In the records below, tally the lines that contain the word "room" and give only that number.

(Stored items)

Start of Block

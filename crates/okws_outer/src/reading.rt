//! Reads a source, or a file, whole.

ghost use Rattle.std.specs.Prelude.{◌≡◌, ◌≤◌, ◌<◌, ◌+◌, ◌^◌, [], ◌∷◌, take, length, IfOk, IfSome, IsErrOf};
ghost use Rattle.okws_outer.specs.Streams.{Rose, IsFrontOf};
ghost use Rattle.okws_outer.specs.Shelf.{Reads};
ghost use Rattle.okws_outer.specs.declared.reading.ReadError.TheVariants.{NoMemory};

use crate::files::Files;
use crate::stream::{Pull, Source};
use std::alloc::{AllocError, Global};

/// Why a source was not read.
#[derive(Clone, Copy, PartialEq, Eq)]
pub enum ReadError {
    /// A pull failed and was counted.
    Failed,
    /// Memory was refused.
    NoMemory,
}

impl From<AllocError> for ReadError {
    ghost from_gives = { λ _ e. e ≡ NoMemory };

    fn from(_: AllocError) -> Self {
        ReadError::NoMemory
    }
}

/// Bytes that are asked for at a time.
const PIECE: usize = 4096;

/// Takes bytes from a source up to its end, or to one byte above the limit; a pull that fails is the
/// last one.
fn take_up_to<S: Source>(alloc: Global, source: &mut S, limit: usize) -> Result<Vec<u8>, ReadError>
    requires { limit < 2 ^ 32 }
    ensures bytes { IfSome (S.left source.old) (λ all. IfOk result (λ bytes. bytes.items ≡ take (limit + 1) all)) }
    ensures size { IfOk result (λ bytes. length bytes.items ≤ limit + 1) }
    ensures faults { S.faults source.old ≤ S.faults source.new }
    ensures failed { IsErrOf result ReadError.Failed → Rose (S.faults source.old) (S.faults source.new) }
    ensures still { (IsErrOf result ReadError.Failed → ⊥) → S.faults source.new ≡ S.faults source.old }
{
    let mut bytes = Vec::new(alloc);
    let mut piece = [0u8; PIECE];
    while bytes.len() <= limit {
        let room = (limit + 1 - bytes.len()).min(PIECE);
        match source.pull(&mut piece[..room]) {
            Pull::Took(count) => bytes.extend_from_slice(&piece[..count])?,
            Pull::End => break,
            Pull::Failed => return Err(ReadError::Failed),
        }
    }
    Ok(bytes)
}

/// Reads a source to its end, or to one byte above the limit, by which the caller sees that there is
/// more than the limit. The limit is in bytes and below 2^32. What was read is the front of some text,
/// of the one that is left where the source tells. No pull failed that isn't told.
pub fn read_whole<S: Source>(
    alloc: Global,
    source: &mut S,
    limit: usize,
) -> Result<Vec<u8>, ReadError>
    requires { limit < 2 ^ 32 }
    ensures bytes { IfOk result (λ bytes. IsFrontOf (S.left source.old) (limit + 1) bytes.items) }
    ensures faults { S.faults source.old ≤ S.faults source.new }
    ensures failed { IsErrOf result ReadError.Failed → Rose (S.faults source.old) (S.faults source.new) }
    ensures still { (IsErrOf result ReadError.Failed → ⊥) → S.faults source.new ≡ S.faults source.old }
{
    take_up_to(alloc, source, limit)
}

/// Reads the file at a path to its end, or to one byte above the limit, which is in bytes and below
/// 2^32. A file that can't be opened is a fault, and no fault is left untold.
pub fn read_file<F: Files>(
    alloc: Global,
    files: &mut F,
    path: &str,
    limit: usize,
) -> Result<Vec<u8>, ReadError>
    requires { limit < 2 ^ 32 }
    ensures bytes { IfOk result (λ bytes. IsFrontOf ((F.shelf files.old).held path.now) (limit + 1) bytes.items) }
    ensures shelf { Reads (F.shelf files.old) (F.shelf files.new) (path.now ∷ []) (IsErrOf result ReadError.Failed) }
{
    let mut file = files.open(path);
    let read = read_whole(alloc, &mut file, limit);
    files.close(file);
    read
}
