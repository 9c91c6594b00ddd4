// The arguments of a run. No contract of std says anything of them, so no contract does here.
ghost use Rattle.std.specs.Prelude.{◌≤◌, IfSome, length};

use std::env::{Env, FillError};

// What the arguments ask of a program, before it looks at what they say.
#[derive(Clone, Copy)]
pub enum Asked {
    // There is no argument.
    Nothing,
    // `--help`, and no other.
    Help,
    Other,
}

// How many arguments there are, the program's name among them.
// Kept: the loop over places, since std's args allocates.
pub fn arg_count(rt: HostRuntime) -> usize {
    let mut room = [0u8; 1];
    for i in 0..usize::MAX {
        if let Err(FillError::NotPresent) = rt.arg(i, &mut room) {
            return i;
        }
    }
    usize::MAX
}

// Argument i, which is put at the room's start: none where it is missing, is longer than the room, or is no text in UTF-8.
pub fn arg(rt: HostRuntime, i: usize, room: &mut [u8]) -> Option<&str>
    ensures { IfSome result (λ text. length text.now ≤ length room.old) }
{
    let n = rt.arg(i, room).ok()?;
    str::from_utf8(&room[..n]).ok()
}

// Whether the first argument is `--help`.
fn is_help(rt: HostRuntime) -> bool {
    let mut room = [0u8; 6];
    arg(rt, 1, &mut room) == Some("--help")
}

pub fn arguments(rt: HostRuntime) -> Asked {
    match arg_count(rt) {
        0 | 1 => Asked::Nothing,
        2 if is_help(rt) => Asked::Help,
        _ => Asked::Other,
    }
}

End of Block

§ Expected output
11